Both H4K20 mono-methylation and H3K56 acetylation mark transcription-dependent histone turnover in fission yeast. Schizosaccharomyces pombe

Nucleosome dynamics facilitated by histone turnover is required for transcription as well as DNA replication and repair. Histone turnover is often associated with various histone modifications such as H3K56 acetylation (H3K56Ac), H3K36 methylation (H3K36me), and H4K20 methylation (H4K20me). In order to correlate histone modifications and transcription-dependent histone turnover, we performed genome wide analyses for euchromatic regions in G2/M-arrested fission yeast. The results show that transcription-dependent histone turnover at 5’ promoter and 3’ termination regions is directly correlated with the occurrence of H3K56Ac and H4K20 mono-methylation (H4K20me1) in actively transcribed genes. Furthermore, the increase of H3K56Ac and H4K20me1 and antisense RNA production was observed in the absence of the histone H3K36 methyltransferase Set2 and histone deacetylase complex (HDAC) that are involved in the suppression of histone turnover within the coding regions.

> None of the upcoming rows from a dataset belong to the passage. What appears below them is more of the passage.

// Virtual memory as a trait.
ghost use Rattle.std.specs.Prelude.{◌≡◌, ℕ, ◌+◌, ◌≤◌, List, Option, IfOk};
ghost use Rattle.kc_outside.specs.Files.{Files};
ghost use Rattle.kc_memory.specs.Image.{Image};
ghost use Rattle.kc_memory.specs.Translation.{vword};
ghost use Rattle.kc_memory.specs.Space.{AnswersAs, StopsAt};
ghost use Rattle.kc_memory.specs.Stays.{CountsFaults, SpaceStays};

use crate::miss::Miss;
use crate::words::VWord;
use kc_word::Steps;
use std::sync::ledger::Ledger;

/// Why a virtual address has no word.
#[derive(Clone, Copy, Debug, PartialEq, Eq)]
pub enum Stop {
    /// The dump's page tables or its memory end there.
    Miss(Miss),
    /// Reading the dump failed. The count of faults rose.
    Fault,
}

/// The virtual memory of a dump.
pub trait Space {
    /// The dump's memory and page tables, or `None` where they aren't told.
    ghost image: { Self → Option Image };

    /// The files of the store that words are read from, or `None` where they aren't told.
    ghost files: { Self → Option Files };

    /// How often reading failed.
    ghost faults: { Self → ℕ };

    /// The names of the borrows that words are read through, the outer one first.
    ghost through: { Self → List ℕ };

    /// How many steps a word takes at most, from 1 to 6.
    ghost most: { Self → ℕ };

    /// The word at a virtual address in bytes, of any value. It takes no memory.
    ///
    /// # Errors
    ///
    /// Where the page tables or the memory of the dump end, or reading it fails.
    fn word<L: Ledger>(&mut self, va: u64, steps: &mut Steps<L>) -> Result<VWord, Stop>
        ensures word { AnswersAs (λ image. vword image va) (image self.old) result }
        ensures asked { IfOk result (λ w. w.va ≡ va) }
        ensures stopped { StopsAt result va }
        ensures steps { steps.new ≤ steps.old + most self.old }

        ensures stays { SpaceStays image files through most self.old self.new }
        ensures cause { CountsFaults result (faults self.old) (faults self.new) };

    /// A word takes a step.
    ghost most_some: { (space : Self) → 1 ≤ most space };

    /// Five levels of tables and the word itself are six steps.
    ghost most_small: { (space : Self) → most space ≤ 6 };
}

These results together indicate that H4K20me1 as well as H3K56Ac are bona fide marks for transcription-dependent histone turnover in fission yeast. Overall design: For histone turnover experiment : yeast cells ectopically expressing C-terminal Flag-tagged H3.2 (hht+2) under the control of sucrose-inducible promoter (inv1+) were synchronized, and H3-Flag was induced under G2/M arrest conditions to minimize the effect of replication-dependent histone deposition. Chromatin immunoprecipitation (ChIP) against anti-FLAG antibody was performed in wild type cells. For ChIP experiment : ChIP against H3, H3K56Ac, H4K20me1, H4K20me3 was performed for a wild type strain and strains lacking Set2 and Alp13. Each experiment was performed twice in biological replicates. All ChIP experiments were performed at G2/M arrested condition. For RNA experiment : Total RNA was prepared from cells arrested in G2/M followed by mRNA isolation with the magnetic method.